If the recovery methods are not provided as config, then it will just throw as is currently. If provided however, the recovered body and/or headers will be present on the final typed response. It's really crude, but responsibilities are very clear:

1) If everything goes according to plan, the generated code gives you a properly parsed and typed response. 2) If something breaks, you can take manual control, and decide about all aspects of how to recover (if you wanna recover).
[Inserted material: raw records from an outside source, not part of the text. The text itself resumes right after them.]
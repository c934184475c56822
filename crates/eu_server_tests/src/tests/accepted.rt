//! Timers by their pace.

use eu_accept::Pace;
use eu_gate::{BUCKET, EVICTOR, Gate, Go, Periods, Point, THRESHOLD};
use std::io::ErrorKind;
use std::net::{Net, TcpListener, TcpStream};
use std::sync::Wait;
use std::sync::atomic::{AtomicU64, Ordering};
use std::test::Fail;
use std::thread::Threads;
use std::time::{Clock, Duration, Instant};
use std::{io, thread};

#[test]
fn timers_are_paced_until_the_sessions_end(rt: HostRuntime) -> Result<(), Fail> {
    let periods = Periods {
        evictor: 0,
        bucket: 20,
        threshold: 900_000,
    };
    let began = Instant::now(&rt)?;
    let pace = Pace::new(&rt, periods)?;
    assert!(rt;
        pace.pass(BUCKET, Point::Turn) == Go::On && pace.pass(BUCKET, Point::Turn) == Go::On
    );
    assert!(rt; began.elapsed(&rt)? >= Duration::from_millis(40));
    assert!(rt; pace.pass(EVICTOR, Point::Turn) == Go::On && pace.pass(1, Point::Turn) == Go::On);
    pace.end();
    assert!(rt;
        pace.pass(THRESHOLD, Point::Turn) == Go::Stop && pace.pass(1, Point::Turn) == Go::On
    );
    Ok(())
}

/// Ends the sessions of a server after a while, in which its timers have begun to wait.
fn end_soon<R: Wait + Clock>(rt: &R, pace: &Pace<'_, R>) {
    thread::sleep(rt, Duration::from_millis(200));
    pace.end();
}

/// What the bucket's and the threshold's worker are told, which wait at once.
fn pass_two<R: Threads + Wait + Clock + Sync>(rt: &R, pace: &Pace<'_, R>) -> (Go, Go) {
    thread::join(
        rt,
        || pace.pass(BUCKET, Point::Turn),
        || pace.pass(THRESHOLD, Point::Turn),
    )
}

/// The same, and what the evictor is told, which waits with them, where the sessions end meanwhile.
fn pass_three<R: Threads + Wait + Clock + Sync>(rt: &R, pace: &Pace<'_, R>) -> (Go, (Go, Go)) {
    let (_, told) = thread::join(
        rt,
        || end_soon(rt, pace),
        || {
            thread::join(
                rt,
                || pace.pass(EVICTOR, Point::Turn),
                || pass_two(rt, pace),
            )
        },
    );
    told
}

/// All of them are woken: who wasn't would wait for 30 seconds.
#[test]
fn timers_that_wait_are_woken_when_the_sessions_end(rt: HostRuntime) -> Result<(), Fail> {
    let periods = Periods {
        evictor: 30_000,
        bucket: 30_000,
        threshold: 30_000,
    };
    let began = Instant::now(&rt)?;
    let pace = Pace::new(&rt, periods)?;
    assert!(rt; pass_three(&rt, &pace) == (Go::Stop, (Go::Stop, Go::Stop)));
    assert!(rt; began.elapsed(&rt)? < Duration::from_secs(15));
    Ok(())
}

#[test]
fn a_turn_that_was_missed_is_not_caught_up(rt: HostRuntime) -> Result<(), Fail> {
    let periods = Periods {
        evictor: 900_000,
        bucket: 40,
        threshold: 900_000,
    };
    let pace = Pace::new(&rt, periods)?;
    thread::sleep(&rt, Duration::from_millis(130));
    let began = Instant::now(&rt)?;
    assert!(rt;
        pace.pass(BUCKET, Point::Turn) == Go::On && pace.pass(BUCKET, Point::Turn) == Go::On
    );
    assert!(rt; began.elapsed(&rt)? >= Duration::from_millis(40));
    Ok(())
}

/// A machine whose monotonic clock is set forward by so many milliseconds, and can be read so many times more.
#[derive(Drop)]
struct Machine<'a, R: Wait + Clock> {
    rt: &'a R,
    ahead: AtomicU64,
    reads: AtomicU64,
}

impl<'a, R: Wait + Clock> Machine<'a, R> {
    /// One whose clock is right, and can be read as often as a test may.
    fn new(rt: &'a R) -> Machine<'a, R> {
        Machine {
            rt,
            ahead: AtomicU64::new(0),
            reads: AtomicU64::new(u64::MAX),
        }
    }
}

impl<R: Wait + Clock> Wait for Machine<'_, R> {}

impl<R: Wait + Clock> Clock for Machine<'_, R> {
    fn monotonic(&self) -> io::Result<Duration> {
        if self.reads.load(Ordering::SeqCst) == 0 {
            return Err(io::Error::from(ErrorKind::Unsupported));
        }
        self.reads.fetch_sub(1, Ordering::SeqCst);
        let ahead = Duration::from_millis(self.ahead.load(Ordering::SeqCst));
        Ok(self.rt.monotonic()?.saturating_add(ahead))
    }

    fn since_1970(&self) -> io::Result<Duration> {
        self.rt.since_1970()
    }
}

/// A turn is due a period after the last one began, whatever time that took: where the period is over it isn't waited for (the test
/// would not end in time), and where a while of it is left, that is waited for.
#[test]
fn a_turn_is_due_a_period_after_the_last_one_began(rt: HostRuntime) -> Result<(), Fail> {
    let machine = Machine::new(&rt);
    let pace = Pace::new(&machine, Periods::of_server(900_000))?;
    let mut began = Instant::now(&rt)?;
    for late in [900_000, 5_000_000, 900_000] {
        machine.ahead.fetch_add(late, Ordering::SeqCst);
        began = Instant::now(&rt)?;
        assert!(rt; pace.pass(EVICTOR, Point::Turn) == Go::On);
    }
    machine.ahead.fetch_add(899_900, Ordering::SeqCst);
    assert!(rt; pace.pass(EVICTOR, Point::Turn) == Go::On);
    assert!(rt; began.elapsed(&rt)? >= Duration::from_millis(99));
    Ok(())
}

/// What the evictor is told once its period is over, where the clock can be read so many times more.
fn pass_with<R: Wait + Clock>(
    machine: &Machine<'_, R>,
    pace: &Pace<'_, Machine<'_, R>>,
    reads: u64,
) -> Go {
    machine.ahead.fetch_add(900_000, Ordering::SeqCst);
    machine.reads.store(reads, Ordering::SeqCst);
    pace.pass(EVICTOR, Point::Turn)
}

/// Whichever of its reads of the clock fails.
#[test]
fn a_timer_without_a_clock_takes_no_turn(rt: HostRuntime) -> Result<(), Fail> {
    let machine = Machine::new(&rt);
    let pace = Pace::new(&machine, Periods::of_server(0))?;
    assert!(rt; pass_with(&machine, &pace, 1_000) == Go::On);
    let reads = 1_000u64.saturating_sub(machine.reads.load(Ordering::SeqCst));
    assert!(rt; reads >= 2);
    for fewer in 0..reads {
        assert!(rt; pass_with(&machine, &pace, fewer) == Go::Stop);
    }
    assert!(rt; pass_with(&machine, &pace, reads) == Go::On);
    assert!(rt; pace.pass(1, Point::Turn) == Go::On);
    Ok(())
}
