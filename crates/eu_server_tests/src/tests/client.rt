//! A client of a server: a list of what it does, and of what it is to read.
use std::alloc::{AllocError, Global};
use std::io::{Error, ErrorKind, Read, Write};
use std::net::{Net, Shutdown, SocketAddr, TcpStream};
use std::time::{Clock, Duration, Instant};
use std::{io, thread};

/// Texts that are sent at once, one behind the other, each so many times.
pub type Text<'a> = &'a [(&'a str, usize)];

/// What a client does. Its connections have numbers, from 0.
#[derive(Clone, Copy)]
pub enum Step<'a> {
    /// It has so many connections more.
    Connect(usize),
    /// It sends that on a connection.
    Send(usize, Text<'a>),
    /// It sends that so many times on a connection, each time behind a pause of so many milliseconds.
    Dribble(usize, Text<'a>, usize, u64),
    /// So it does, and the server closes the connection meanwhile.
    CutOff(usize, Text<'a>, usize, u64),
    /// It reads that on a connection, and then the end.
    Read(usize, &'a str),
    /// It reads that on a connection, behind which more may come.
    Next(usize, Text<'a>),
    /// It reads a connection to its end, and finds each of these in that.
    Finds(usize, &'a [&'a str]),
    /// It reads so many bytes on a connection, and then the end.
    Length(usize, usize),
    /// It ends its side of a connection.
    End(usize),
    /// It reads nothing on a connection for half a second.
    Silence(usize),
    /// It leaves so many of its connections, the first ones.
    Leave(usize),
    /// So many times it sends and reads that, each time on a connection that it leaves then.
    Ask(usize, Text<'a>, &'a str),
    /// So it does once, and sends a request in two writes.
    Cut(&'a str, &'a str, &'a str),
    /// It waits for so many milliseconds.
    Sleep(u64),
    /// It has come here within so many milliseconds.
    Within(u64),
}

/// A client of the server of that address.
#[derive(Drop)]
pub struct Client<'a, R> {
    rt: &'a R,
    alloc: Global,
    address: SocketAddr,
    began: Instant,
    streams: Vec<TcpStream>,
}

fn push_times(out: &mut String, text: &str, times: usize) -> Result<(), AllocError> {
    for _ in 0..times {
        out.push_str(text)?;
    }
    Ok(())
}

fn whole(alloc: Global, text: Text<'_>) -> Result<String, AllocError> {
    let mut out = String::new(alloc);
    for (part, times) in text {
        push_times(&mut out, part, *times)?;
    }
    Ok(out)
}

/// Whether that is read of a connection, and then the end.
fn reads(alloc: Global, stream: &mut TcpStream, wanted: &str) -> io::Result<bool> {
    let mut answer = Vec::new(alloc);
    stream.read_to_end(&mut answer)?;
    Ok(answer.as_slice() == wanted.as_bytes())
}

/// Whether so many bytes are read of a connection, and then the end.
fn reads_so_many(alloc: Global, stream: &mut TcpStream, wanted: usize) -> io::Result<bool> {
    let mut answer = Vec::new(alloc);
    stream.read_to_end(&mut answer)?;
    Ok(answer.len() == wanted)
}

/// Whether that is read of a connection, behind which more may come.
fn reads_next(alloc: Global, stream: &mut TcpStream, wanted: Text<'_>) -> io::Result<bool> {
    let wanted = whole(alloc, wanted)?;
    let mut answer = Vec::from_elem(alloc, 0u8, wanted.len())?;
    stream.read_exact(&mut answer)?;
    Ok(answer.as_slice() == wanted.as_bytes())
}

/// Whether each of these is found in what is read of a connection, to its end.
fn finds(alloc: Global, stream: &mut TcpStream, wanted: &[&str]) -> io::Result<bool> {
    let mut answer = Vec::new(alloc);
    stream.read_to_end(&mut answer)?;
    let Ok(text) = str::from_utf8(answer.as_slice()) else {
        return Ok(false);
    };
    for part in wanted {
        if !text.contains(part) {
            return Ok(false);
        }
    }
    Ok(true)
}

/// Whether a write failed since the server had closed the connection, rather than that the client gave up.
fn was_cut_off(sent: io::Result<bool>) -> bool {
    match sent {
        Ok(_) => false,
        Err(error) => matches!(
            error.kind(),
            ErrorKind::ConnectionReset | ErrorKind::BrokenPipe
        ),
    }
}

impl<'a, R: Clock + Net<Stream = TcpStream>> Client<'a, R> {
    /// A client without a connection.
    pub fn new(rt: &'a R, alloc: Global, address: SocketAddr) -> io::Result<Client<'a, R>> {
        Ok(Client {
            rt,
            alloc,
            address,
            began: Instant::now(rt)?,
            streams: Vec::new(alloc),
        })
    }

    /// A new connection, which sends at once. A read of it waits for 20 seconds at most, and a write for 10.
    fn connection(&self) -> io::Result<TcpStream> {
        let stream = TcpStream::connect(self.rt, self.address)?;
        stream.set_nodelay(true)?;
        stream.set_read_timeout(Some(Duration::from_secs(20)))?;
        stream.set_write_timeout(Some(Duration::from_secs(10)))?;
        Ok(stream)
    }

    /// The connection of that number.
    fn stream(&mut self, number: usize) -> io::Result<&mut TcpStream> {
        match self.streams.get_mut(number) {
            Some(stream) => Ok(stream),
            None => Err(Error::from(ErrorKind::NotConnected)),
        }
    }

    fn connect(&mut self, count: usize) -> io::Result<bool> {
        for _ in 0..count {
            let stream = self.connection()?;
            self.streams.push(stream)?;
        }
        Ok(true)
    }

    fn dribble(
        &mut self,
        number: usize,
        text: Text<'_>,
        times: usize,
        ms: u64,
    ) -> io::Result<bool> {
        let text = whole(self.alloc, text)?;
        let (rt, pause) = (self.rt, Duration::from_millis(ms));
        let stream = self.stream(number)?;
        for _ in 0..times {
            if ms > 0 {
                thread::sleep(rt, pause);
            }
            stream.write_all(text.as_bytes())?;
        }
        Ok(true)
    }

    fn reads(&mut self, number: usize, wanted: &str) -> io::Result<bool> {
        let alloc = self.alloc;
        reads(alloc, self.stream(number)?, wanted)
    }

    fn reads_next(&mut self, number: usize, wanted: Text<'_>) -> io::Result<bool> {
        let alloc = self.alloc;
        reads_next(alloc, self.stream(number)?, wanted)
    }

    fn finds(&mut self, number: usize, wanted: &[&str]) -> io::Result<bool> {
        let alloc = self.alloc;
        finds(alloc, self.stream(number)?, wanted)
    }

    fn reads_so_many(&mut self, number: usize, wanted: usize) -> io::Result<bool> {
        let alloc = self.alloc;
        reads_so_many(alloc, self.stream(number)?, wanted)
    }

    fn ends(&mut self, number: usize) -> io::Result<bool> {
        self.stream(number)?.shutdown(Shutdown::Write)?;
        Ok(true)
    }

    fn reads_nothing(&mut self, number: usize) -> io::Result<bool> {
        let stream = self.stream(number)?;
        stream.set_read_timeout(Some(Duration::from_millis(500)))?;
        let mut byte = [0u8; 1];
        let waits = stream.read(&mut byte).is_err();
        stream.set_read_timeout(Some(Duration::from_secs(20)))?;
        Ok(waits)
    }

    fn leave(&self, count: usize) -> io::Result<bool> {
        for stream in self.streams.iter().take(count) {
            stream.shutdown(Shutdown::Both)?;
        }
        Ok(true)
    }

    fn asks_once(&self, first: &str, second: &str, wanted: &str) -> io::Result<bool> {
        let mut stream = self.connection()?;
        stream.write_all(first.as_bytes())?;
        if !second.is_empty() {
            thread::sleep(self.rt, Duration::from_millis(1));
            stream.write_all(second.as_bytes())?;
        }
        reads(self.alloc, &mut stream, wanted)
    }

    fn asks(&self, times: usize, text: Text<'_>, wanted: &str) -> io::Result<bool> {
        let request = whole(self.alloc, text)?;
        for _ in 0..times {
            if !self.asks_once(&request, "", wanted)? {
                return Ok(false);
            }
        }
        Ok(true)
    }

    fn sleep(&self, ms: u64) -> io::Result<bool> {
        thread::sleep(self.rt, Duration::from_millis(ms));
        Ok(true)
    }

    fn is_within(&self, ms: u64) -> io::Result<bool> {
        Ok(self.began.elapsed(self.rt)? < Duration::from_millis(ms))
    }

    /// Does that. Whether what it reads is as it is to be.
    fn act(&mut self, step: &Step<'_>) -> io::Result<bool> {
        match *step {
            Step::Connect(count) => self.connect(count),
            Step::Send(number, text) => self.dribble(number, text, 1, 0),
            Step::Dribble(number, text, times, ms) => self.dribble(number, text, times, ms),
            Step::CutOff(number, text, times, ms) => {
                Ok(was_cut_off(self.dribble(number, text, times, ms)))
            }
            Step::Read(number, wanted) => self.reads(number, wanted),
            Step::Next(number, wanted) => self.reads_next(number, wanted),
            Step::Finds(number, wanted) => self.finds(number, wanted),
            Step::Length(number, wanted) => self.reads_so_many(number, wanted),
            Step::End(number) => self.ends(number),
            Step::Silence(number) => self.reads_nothing(number),
            Step::Leave(count) => self.leave(count),
            Step::Ask(times, text, wanted) => self.asks(times, text, wanted),
            Step::Cut(first, second, wanted) => self.asks_once(first, second, wanted),
            Step::Sleep(ms) => self.sleep(ms),
            Step::Within(ms) => self.is_within(ms),
        }
    }

    /// The number, from 1, of the first step that fails, or reads something else.
    pub fn first_wrong(&mut self, steps: &[Step<'_>]) -> Option<usize> {
        let mut number = 0usize;
        for step in steps {
            number = number.saturating_add(1);
            if !self.act(step).unwrap_or(false) {
                return Some(number);
            }
        }
        None
    }
}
erictheswift commented 9 months ago

Hmmm I haven't thought about the idea of 'recovering'. Not sure if applicable to any of my cases, but quite fun strategies can be imagined — e.g. putting null-safe empty string or -1 somewhere where otherwise there'd be invalid response with potentially faulty undefined. Idk.

I'd say one hook like

  handleValidationIssues(issues: Issue[], ctx: {request: Request & {query: ...}, response?: Response}): void | never => {
    if (issues.every(i => i.path.startsWith('response.body'))) {
       logError(...)
       Sentry.captureException(...)
    } else {
       super.handleValidationIssues(issues, ctx) // doing `throw new Error(issues.map(stringify).join('\n'))`
    }
  },

as an adapter override or config option where

Issue['path'] is kinda
  | ['request', 'body' | 'query' | 'headers', ...keys].join('.')
  | ['response', 'statusCode' | 'body' | 'headers', ...keys].join('.')
and thus resolveable via _.get(ctx, issue.path)

would fit any of my existing demands.

bali182 commented 9 months ago

Purely handling the validation issues from the libraries point of view, was not the best idea from me because it's unpredictable what is being returned in a fail situation if no exception is thrown .

Both the response body and response header processing part takes something raw, and turn it into what you actually want (parsed data, that matches what is defined in the generated type system).

That's why I'm suggesting that if the parsing/validating fails somewhere, you'd have an option to take control over both error handling and what is being put in the final typed response.

This way what the library / generated code offers is this:

If all parties play according to the contract set by the source OpenAPI document, you'll get back a proper, typed response
If not, it tells you what the problem is, and you can substitute the unusable parts in user defined business logic, otherwise it just throws.

This way I think it would be much more future proof in other use cases as well.

erictheswift commented 9 months ago

👍 Motivation for contract that has to return recovered item or throw makes sense to me, kinda fool-proof design.

bali182 commented 9 months ago

FYI just checked, it's going to take a bit, I have to change the generators a bit. You'll also have to regenerate once this is in. Shouldn't change the pulbic facing APIs though, so code where you use the generated code should be safe.